Find the lines of data that contain the string "Prelude", then list them.

* * *

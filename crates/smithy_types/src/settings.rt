// How the texts and numbers of documents are read as kinds that documents do not have.
ghost use Rattle.std.specs.Prelude.{◌≡◌, ◌⊎◌, List, ℕ, ℤ, Result, Err};
ghost use Rattle.smithy_types.specs.declared.error.DocumentError.{DocumentError as Refusal};
ghost use Rattle.smithy_types.specs.declared.error.DocumentError.TheVariants as refusal;
ghost use Rattle.smithy_types.specs.Documents.{Number as Whole};
ghost use Rattle.smithy_types.specs.views.DocumentView.{number_view};

use crate::blob::Blob;
use crate::date_time::{DateTime, Format};
use crate::error::DocumentError;
use crate::number::Number;
use crate::text::Text;
use base64::DecodeAllocError;
use base64::engine::general_purpose::STANDARD;
use std::alloc::Global;

/// How a document's texts and numbers are read as blobs and points in time.
///
/// Each call answers by its relation, or with `OutOfMemory`.
pub trait DocumentSettings {
    ghost gives_blob: { Self → List ℕ → Result (List ℕ) Refusal → Type 0 };

    ghost gives_number_timestamp: { Self → Whole → Result ℤ Refusal → Type 0 };

    ghost gives_text_timestamp: { Self → List ℕ → Result ℤ Refusal → Type 0 };

    /// The bytes that a text stands for.
    fn coerce_string_to_blob(&self, alloc: Global, text: &str) -> Result<Blob, DocumentError>
        ensures { (result ≡ Err refusal.OutOfMemory) ⊎ gives_blob self.now text.now result };

    /// The point in time that a number stands for.
    fn coerce_number_to_timestamp(
        &self,
        alloc: Global,
        number: Number,
    ) -> Result<DateTime, DocumentError>
        ensures { (result ≡ Err refusal.OutOfMemory)
            ⊎ gives_number_timestamp self.now (number_view number) result };

    /// The point in time that a text stands for.
    fn coerce_string_to_timestamp(
        &self,
        alloc: Global,
        text: &str,
    ) -> Result<DateTime, DocumentError>
        ensures { (result ≡ Err refusal.OutOfMemory) ⊎ gives_text_timestamp self.now text.now result };
}

/// The settings of documents for which nothing else is said: blobs are texts in base64 (RFC 4648, section 4), points in time are
/// numbers of seconds since 1970, or texts of RFC 3339 with the zone `Z`. Refuses with `Custom`, exactly where a text is not of its
/// form, or the number is past 64 bits.
#[derive(Clone, Copy, Debug, PartialEq, Eq)]
pub struct NoSettings;

impl DocumentSettings for NoSettings {
    ghost use Rattle.smithy_types.specs.Settings.{plain_blob, plain_number_timestamp, plain_text_timestamp};

    ghost gives_blob = { λ s text r. r ≡ plain_blob text };

    ghost gives_number_timestamp = { λ s number r. r ≡ plain_number_timestamp number };

    ghost gives_text_timestamp = { λ s text r. r ≡ plain_text_timestamp text };

    #[tactic(auto, unfolding(crate::specs::Settings::plain_blob))]
    fn coerce_string_to_blob(&self, alloc: Global, text: &str) -> Result<Blob, DocumentError> {
        match STANDARD.decode(alloc, text.as_bytes()) {
            Ok(bytes) => Ok(Blob::from_vec(bytes)),
            Err(DecodeAllocError::DecodeError(_)) => {
                custom(alloc, "cannot base64-decode string as blob")
            }
            Err(DecodeAllocError::OutOfMemory) => Err(DocumentError::OutOfMemory),
        }
    }

    #[tactic(auto, unfolding(crate::specs::Settings::plain_number_timestamp))]
    fn coerce_number_to_timestamp(
        &self,
        alloc: Global,
        number: Number,
    ) -> Result<DateTime, DocumentError> {
        match number {
            Number::NegInt(seconds) => Ok(DateTime::from_secs(seconds)),
            Number::PosInt(seconds) if seconds <= i64::MAX as u64 => {
                Ok(DateTime::from_secs(seconds as i64))
            }
            Number::PosInt(seconds) => {
                let message = format!(in alloc; "epoch seconds {seconds} out of range")?;
                Err(DocumentError::Custom {
                    message: Text::from_string(message),
                })
            }
        }
    }

    #[tactic(auto, unfolding(crate::specs::Settings::plain_text_timestamp))]
    fn coerce_string_to_timestamp(
        &self,
        alloc: Global,
        text: &str,
    ) -> Result<DateTime, DocumentError> {
        match DateTime::parse(alloc, text, Format::DateTime) {
            Ok(time) => Ok(time),
            Err(_) => custom(alloc, "cannot parse string as a date-time timestamp"),
        }
    }
}

// The refusal with this message, or want of memory.
fn custom<T>(alloc: Global, message: &str) -> Result<T, DocumentError>
    ensures { (result ≡ Err refusal.OutOfMemory) ⊎ (result ≡ Err (refusal.Custom message.now)) }
{
    Err(DocumentError::Custom {
        message: Text::from_str(alloc, message)?,
    })
}
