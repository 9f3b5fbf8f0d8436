// Points in time, and their texts.
use crate::date_reader::{read_date_time, read_epoch_seconds, read_http_date};
use crate::date_text::{date_time_text, http_date_text};
use crate::error::TypesError;
use crate::text::Text;
use std::alloc::Global;
use std::marker::Model;

/// How a point in time is written (Smithy, timestampFormat trait).
#[derive(Clone, Copy, PartialEq, Eq)]
pub enum Format {
    EpochSeconds,
    DateTime,
    HttpDate,
}

/// A point in time, seen as its whole seconds since 1 January 1970, negative before it.
#[derive(Clone, Copy, Debug, PartialEq, Eq)]
pub struct DateTime {
    seconds: i64,
}

impl Model for DateTime {
    ghost use Rattle.std.specs.Prelude.{ℤ};

    ghost Value = { ℤ };

    ghost view = { λ a. a.seconds };

    ghost inverse = { λ z. record { seconds = z } };
}

impl DateTime {
    ghost use Rattle.std.specs.Prelude.{◌≡◌, ◌<◌, ◌⊎◌, ◌↔◌, IfOk, IfErr, IfSome, IsErrOf};
    ghost use Rattle.smithy_types.specs.Timestamps.{timestamp_text, since_year_one};
    ghost use Rattle.smithy_types.specs.TimestampReading.{timestamp_of};
    ghost use Rattle.std.specs.Option.{ok_or};

    /// The seconds of the last second of the year 9999.
    const LAST: i64 = 253_402_300_799;

    /// The seconds since 1970 of the first second of year 1.
    const FIRST: i64 = -62_135_596_800;

    /// The point in time with these seconds since 1970.
    pub fn from_secs(secs: i64) -> DateTime
        ensures { result ≡ secs }
    {
        DateTime { seconds: secs }
    }

    /// The seconds since 1970.
    pub fn secs(&self) -> i64
        ensures { result ≡ self.now }
    {
        self.seconds
    }

    /// The text in a format: a number of seconds, a date-time of RFC 3339 or a date of RFC 7231, section 7.1.1.1.
    ///
    /// Refuses with `DateRange` where the format has a calendar and the year is not 1 to 9999. Takes memory.
    pub fn fmt(&self, alloc: Global, format: Format) -> Result<Text, TypesError>
        ensures text { IfOk result (λ t. timestamp_text format self.now ≡ Some t) }
        ensures range { IsErrOf result TypesError.DateRange ↔ (timestamp_text format self.now ≡ None) }
        ensures refusals { IfErr result (λ e. (e ≡ TypesError.DateRange) ⊎ (e ≡ TypesError.OutOfMemory)) }
    {
        match format {
            Format::EpochSeconds => {
                let seconds = self.seconds;
                Ok(Text::from_string(format!(in alloc; "{seconds}")?))
            }
            Format::DateTime => {
                let since = self.since_year_one().ok_or(TypesError::DateRange)?;
                Ok(Text::from_string(date_time_text(alloc, since)?))
            }
            Format::HttpDate => {
                let since = self.since_year_one().ok_or(TypesError::DateRange)?;
                Ok(Text::from_string(http_date_text(alloc, since)?))
            }
        }
    }

    /// The point in time that a text of the format tells: an optional `-` and digits within 64 bits, a date-time of RFC 3339 with the
    /// zone `Z`, or a date of RFC 7231, section 7.1.1.1, in its preferred form. The calendar forms may have a point and zeros behind the
    /// seconds. They have years 0001 to 9999, dates that there are, hours to 23, minutes and seconds to 59, and any day's name.
    ///
    /// Refuses with `Malformed` where the text is not of the format. Takes no memory.
    pub fn parse(_alloc: Global, text: &str, format: Format) -> Result<DateTime, TypesError>
        ensures { result ≡ ok_or (timestamp_of format text.now) TypesError.Malformed }
    {
        let bytes = text.as_bytes();
        let seconds = match format {
            Format::EpochSeconds => read_epoch_seconds(text),
            Format::DateTime => read_date_time(bytes),
            Format::HttpDate => read_http_date(bytes),
        };
        match seconds {
            Some(seconds) => Ok(DateTime { seconds }),
            None => Err(TypesError::Malformed),
        }
    }

    /// The seconds since 1 January of year 1, for the years 1 to 9999.
    fn since_year_one(&self) -> Option<u64>
        ensures value { result ≡ since_year_one self.now }
        ensures bound { IfSome result (λ since. since < 315537897600) }
    {
        if self.seconds < Self::FIRST || self.seconds > Self::LAST {
            return None;
        }
        Some((self.seconds - Self::FIRST) as u64)
    }
}
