// Documents in which each number has one form.
ghost use Rattle.std.specs.Prelude.{◌≡◌};
ghost use Rattle.smithy_types.specs.Documents.{is_canonical, are_canonical_items, are_canonical_members};
ghost use Rattle.smithy_types.specs.views.DocumentView.{view, items_view, members_view};

use crate::document::{Document, Documents, Members};
use crate::number::Number;

impl Document {
    /// Whether each `NegInt` in the document is negative. Takes no memory.
    pub fn is_canonical(&self) -> bool
        ensures { result ≡ is_canonical (view self.now) }
    {
        is_canonical(self)
    }
}

#[cycle(canonical)]
fn is_canonical(document: &Document) -> bool
    ensures { result ≡ is_canonical (view document.now) }
{
    match document {
        Document::Number(Number::NegInt(value)) => *value < 0,
        Document::Array(items) => are_canonical(items),
        Document::Object(members) => have_canonical(members),
        _ => true,
    }
}

#[cycle(canonical)]
fn are_canonical(documents: &Documents) -> bool
    ensures { result ≡ are_canonical_items (items_view documents.now) }
{
    for item in &documents.items {
        if !is_canonical(item) {
            return false;
        }
    }
    true
}

#[cycle(canonical)]
fn have_canonical(members: &Members) -> bool
    ensures { result ≡ are_canonical_members (members_view members.now) }
{
    for (_key, member) in members.entries.iter() {
        if !is_canonical(member) {
            return false;
        }
    }
    true
}
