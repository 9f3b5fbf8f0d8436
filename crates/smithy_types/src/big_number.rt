// Whole and decimal numbers that are kept as their texts.
use crate::error::TypesError;
use crate::number_text::{has_narrow_coefficient, is_big_decimal, is_signed_digits};
use crate::text::Text;
use std::alloc::Global;
use std::marker::Model;

/// A whole number, seen as its text as it was read.
#[derive(Debug, Drop)]
pub struct BigInteger {
    text: Text,
}

impl Model for BigInteger {
    ghost use Rattle.std.specs.Prelude.{List, ℕ, IsTrue};
    ghost use Rattle.smithy_types.specs.BigNumbers.{is_big_integer_in_range};

    ghost Value = { List ℕ };

    ghost view = { λ a. a.text };

    ghost invariant = { λ a. IsTrue (is_big_integer_in_range a.text) };
}

impl PartialEq for BigInteger {
    ghost use Rattle.std.specs.Cmp.{partial_equiv_from_equiv};
    ghost use Rattle.std.specs.Cmp.Lexicographic.{nat_list_eq_equiv};
    ghost use Rattle.smithy_types.specs.Texts.{same_text};

    ghost eq = { same_text };

    ghost laws = { partial_equiv_from_equiv nat_list_eq_equiv };

    fn eq(&self, other: &BigInteger) -> bool {
        self.text.as_str() == other.text.as_str()
    }
}

impl Eq for BigInteger {
    ghost use Rattle.std.specs.Cmp.Lexicographic.{nat_list_eq_equiv};

    ghost laws = { nat_list_eq_equiv };
}

impl BigInteger {
    ghost use Rattle.std.specs.Prelude.{◌≡◌, ◌≢◌, ◌↔◌, true, false, IsTrue, IfOk, IfErr, IsErrOf};
    ghost use Rattle.smithy_types.specs.BigNumbers.{is_signed_digits as grammar, has_narrow_coefficient as narrow, is_big_integer_in_range};

    /// The number of a text: an optional sign and digits.
    ///
    /// Refuses with `Malformed` where the text is not of this form, and with `TooWide` where it is and its digits before an exponent,
    /// read as one number with the sign, are outside -2^127 to 2^127 - 1. Takes memory for a copy of the text.
    pub fn parse(alloc: Global, text: &str) -> Result<BigInteger, TypesError>
        ensures text { IfOk result (λ n. n ≡ text.now) }
        ensures malformed { IsErrOf result TypesError.Malformed ↔ (grammar text.now ≡ false) }
        ensures too_wide { IsErrOf result TypesError.TooWide
            ↔ (grammar text.now ≡ true) × (narrow text.now ≡ false) }
        ensures refusals { IfErr result (λ e. e ≢ TypesError.DateRange) }
    {
        let bytes = text.as_bytes();
        if !is_signed_digits(bytes) {
            return Err(TypesError::Malformed);
        }
        if !has_narrow_coefficient(bytes) {
            return Err(TypesError::TooWide);
        }
        Ok(BigInteger {
            text: Text::from_str(alloc, text)?,
        })
    }

    /// The text as it was read.
    pub fn as_str(&self) -> &str
        ensures text { result.now ≡ self.now }
        ensures in_range { IsTrue (is_big_integer_in_range self.now) }
    {
        self.text.as_str()
    }
}

/// A decimal number, seen as its text as it was read.
#[derive(Debug, Drop)]
pub struct BigDecimal {
    text: Text,
}

impl Model for BigDecimal {
    ghost use Rattle.std.specs.Prelude.{List, ℕ, IsTrue};
    ghost use Rattle.smithy_types.specs.BigNumbers.{is_big_decimal_in_range};

    ghost Value = { List ℕ };

    ghost view = { λ a. a.text };

    ghost invariant = { λ a. IsTrue (is_big_decimal_in_range a.text) };
}

impl PartialEq for BigDecimal {
    ghost use Rattle.std.specs.Cmp.{partial_equiv_from_equiv};
    ghost use Rattle.std.specs.Cmp.Lexicographic.{nat_list_eq_equiv};
    ghost use Rattle.smithy_types.specs.Texts.{same_text};

    ghost eq = { same_text };

    ghost laws = { partial_equiv_from_equiv nat_list_eq_equiv };

    fn eq(&self, other: &BigDecimal) -> bool {
        self.text.as_str() == other.text.as_str()
    }
}

impl Eq for BigDecimal {
    ghost use Rattle.std.specs.Cmp.Lexicographic.{nat_list_eq_equiv};

    ghost laws = { nat_list_eq_equiv };
}

impl BigDecimal {
    ghost use Rattle.std.specs.Prelude.{◌≡◌, ◌≢◌, ◌↔◌, true, false, IsTrue, IfOk, IfErr, IsErrOf};
    ghost use Rattle.smithy_types.specs.BigNumbers.{is_big_decimal as grammar, has_narrow_coefficient as narrow, is_big_decimal_in_range};

    /// The number of a text: an optional sign, digits with an optional point, and optionally `e` or `E`, a sign and digits.
    ///
    /// Refuses with `Malformed` where the text is not of this form, and with `TooWide` where it is and its digits before an exponent,
    /// read as one number with the sign, are outside -2^127 to 2^127 - 1. Takes memory for a copy of the text.
    pub fn parse(alloc: Global, text: &str) -> Result<BigDecimal, TypesError>
        ensures text { IfOk result (λ n. n ≡ text.now) }
        ensures malformed { IsErrOf result TypesError.Malformed ↔ (grammar text.now ≡ false) }
        ensures too_wide { IsErrOf result TypesError.TooWide
            ↔ (grammar text.now ≡ true) × (narrow text.now ≡ false) }
        ensures refusals { IfErr result (λ e. e ≢ TypesError.DateRange) }
    {
        let bytes = text.as_bytes();
        if !is_big_decimal(bytes) {
            return Err(TypesError::Malformed);
        }
        if !has_narrow_coefficient(bytes) {
            return Err(TypesError::TooWide);
        }
        Ok(BigDecimal {
            text: Text::from_str(alloc, text)?,
        })
    }

    /// The text as it was read.
    pub fn as_str(&self) -> &str
        ensures text { result.now ≡ self.now }
        ensures in_range { IsTrue (is_big_decimal_in_range self.now) }
    {
        self.text.as_str()
    }
}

* * *

* [SOLUTION FOR THIS PROBLEM]
ghost use Rattle.std.specs.Prelude.{◌≡◌, ◌⊎◌, List, ℕ, ℤ, Result, Err};
    ghost use Rattle.std.specs.Prelude.{ℤ};
    ghost use Rattle.std.specs.Prelude.{◌≡◌, ◌<◌, ◌⊎◌, ◌↔◌, IfOk, IfErr, IfSome, IsErrOf};
ghost use Rattle.std.specs.Prelude.{◌≡◌};
    ghost use Rattle.std.specs.Prelude.{List, ℕ, IsTrue};
    ghost use Rattle.std.specs.Prelude.{◌≡◌, ◌≢◌, ◌↔◌, true, false, IsTrue, IfOk, IfErr, IsErrOf};
    ghost use Rattle.std.specs.Prelude.{List, ℕ, IsTrue};
    ghost use Rattle.std.specs.Prelude.{◌≡◌, ◌≢◌, ◌↔◌, true, false, IsTrue, IfOk, IfErr, IsErrOf};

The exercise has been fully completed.